Brief ->
Return the line that contains "OnErr result (T.history_of" plus every line after it to the end of the entries below, exactly as given, and stop there.

[Dataset entries]
***

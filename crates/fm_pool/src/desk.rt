//! What stands under the lock of a pool, and what a worker does to it in one turn of the lock.

ghost use Rattle.std.specs.Prelude.{◌≡◌, ◌-◌, false, IfOk, MatchResult, OnErr};
ghost use Rattle.fm_workers.specs.Histories.{HasGrown, HasPlayed};
ghost use Rattle.fm_pool.specs.Desks.{IsBrought, IsCounted, IsGoing, IsMade, IsNextAt, IsPassed, IsSame, IsTaken};

use fm_base::NoMemory;
use fm_workers::{Phase, SharedTable};
use std::alloc::Global;

/// A table, and how many pieces are out with workers that still work.
#[derive(Drop)]
pub struct Desk<T> {
    pub table: T,
    pub working: u32,
}

/// What a worker does next.
pub enum Next<P> {
    /// It computes a piece.
    Runs(P),
    /// It goes on: the table made a piece by itself.
    Goes,
    /// It waits until something changes.
    Waits,
    /// It has nothing more to do.
    Stops,
}

impl<T: SharedTable> Desk<T> {
    /// What the worker does next. It stops where the table has ended, where no piece is ready and none is out with a
    /// worker, and where it finds no memory; and it waits only where a piece is out with another one. Nothing is played
    /// but what the table makes by itself, which it is asked for where `light` says so.
    pub fn next(&mut self, alloc: Global, worker: u32, light: bool) -> Next<T::Piece>
        ensures next { IsNextAt T.take_does T.turn_does T.phase_tells light worker result self.old self.new }
        ensures history { IsPassed result (T.history_of self.old.table) (T.history_of self.new.table) }
        ensures counted { IsCounted result self.old.working self.new.working }
    {
        match self.table.phase() {
            Phase::Going => self.next_going(alloc, worker, light),
            Phase::Ended => Next::Stops,
            Phase::Spent => Next::Stops,
        }
    }

    // What the worker does next where the table isn't over.
    fn next_going(&mut self, alloc: Global, worker: u32, light: bool) -> Next<T::Piece>
        ensures going { IsGoing T.take_does T.turn_does IsSame (self.old.working ≡ 0) light worker
            result self.old.table self.new.table }
        ensures history { IsPassed result (T.history_of self.old.table) (T.history_of self.new.table) }
        ensures counted { IsCounted result self.old.working self.new.working }
    {
        match made(alloc, &mut self.table, worker, light) {
            Ok(true) => Next::Goes,
            Ok(false) => self.next_out(alloc, worker),
            Err(NoMemory) => Next::Stops,
        }
    }

    // What the worker does next where the table makes no piece by itself.
    fn next_out(&mut self, alloc: Global, worker: u32) -> Next<T::Piece>
        ensures taken { IsTaken T.take_does IsSame (self.old.working ≡ 0) worker
            result self.old.table self.new.table }
        ensures history { T.history_of self.new.table ≡ T.history_of self.old.table }
        ensures passed { IsPassed result (T.history_of self.old.table) (T.history_of self.new.table) }
        ensures counted { IsCounted result self.old.working self.new.working }
    {
        match self.table.take(alloc, worker) {
            Ok(Some(piece)) => {
                self.working = self.working.saturating_add(1);
                Next::Runs(piece)
            }
            Ok(None) => {
                if self.working == 0 {
                    Next::Stops
                } else {
                    Next::Waits
                }
            }
            Err(NoMemory) => Next::Stops,
        }
    }

    /// Gives what a piece came to, or leaves the piece where there was no memory to compute it. False where the worker
    /// is to stop.
    pub fn bring(&mut self, alloc: Global, done: Result<T::Done, NoMemory>) -> bool
        ensures brought { MatchResult done
            (λ d. IsBrought T.give_does IsSame d result self.old.table self.new.table) (λ _. result ≡ false) }
        ensures played { MatchResult done
            (λ d. HasPlayed (T.process_of d) (T.history_of self.old.table) (T.history_of self.new.table))
            (λ _. self.new.table ≡ self.old.table) }
        ensures counted { self.new.working ≡ self.old.working - 1 }
    {
        match done {
            Ok(done) => self.give(alloc, done),
            Err(NoMemory) => {
                self.leave();
                false
            }
        }
    }

    /// Gives what a piece came to, of which the table plays one entry of its process or nothing. False where there is
    /// no memory for it.
    pub fn give(&mut self, alloc: Global, done: T::Done) -> bool
        ensures brought { IsBrought T.give_does IsSame done result self.old.table self.new.table }
        ensures played { HasPlayed (T.process_of done) (T.history_of self.old.table) (T.history_of self.new.table) }
        ensures counted { self.new.working ≡ self.old.working - 1 }
    {
        self.leave();
        given(alloc, &mut self.table, done)
    }

    /// The worker leaves its piece, which `recall` makes ready again.
    pub fn leave(&mut self)
        ensures same { self.new.table ≡ self.old.table }
        ensures counted { self.new.working ≡ self.old.working - 1 }
    {
        self.working = self.working.saturating_sub(1);
    }
}

// Has the table make a piece by itself, if it is to be asked. False where it made none.
#[tactic(auto, using(fm_workers::proofs::HistoryLaws::plays_nothing))]
fn made<T: SharedTable>(
    alloc: Global,
    table: &mut T,
    worker: u32,
    light: bool,
) -> Result<bool, NoMemory>
    ensures made { IsMade T.turn_does light worker result table.old table.new }
    ensures grown { IfOk result (λ _. HasGrown (T.history_of table.old) (T.history_of table.new)) }
    ensures none { IfOk result (λ r. r ≡ false → T.history_of table.new ≡ T.history_of table.old) }
    ensures unchanged { OnErr result (T.history_of table.new ≡ T.history_of table.old) }
{
    if light {
        table.turn_light(alloc, worker)
    } else {
        Ok(false)
    }
}

// Gives what a piece came to.
#[tactic(auto, using(fm_workers::proofs::HistoryLaws::plays_at_most_once))]
fn given<T: SharedTable>(alloc: Global, table: &mut T, done: T::Done) -> bool
    ensures brought { IsBrought T.give_does IsSame done result table.old table.new }
    ensures played { HasPlayed (T.process_of done) (T.history_of table.old) (T.history_of table.new) }
{
    match table.give(alloc, done) {
        Ok(_) => true,
        Err(_) => false,
    }
}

***

Solution for this problem ->
    ensures unchanged { OnErr result (T.history_of table.new ≡ T.history_of table.old) }
{
    if light {
        table.turn_light(alloc, worker)
    } else {
        Ok(false)
    }
}

// Gives what a piece came to.
#[tactic(auto, using(fm_workers::proofs::HistoryLaws::plays_at_most_once))]
fn given<T: SharedTable>(alloc: Global, table: &mut T, done: T::Done) -> bool
    ensures brought { IsBrought T.give_does IsSame done result table.old table.new }
    ensures played { HasPlayed (T.process_of done) (T.history_of table.old) (T.history_of table.new) }
{
    match table.give(alloc, done) {
        Ok(_) => true,
        Err(_) => false,
    }
}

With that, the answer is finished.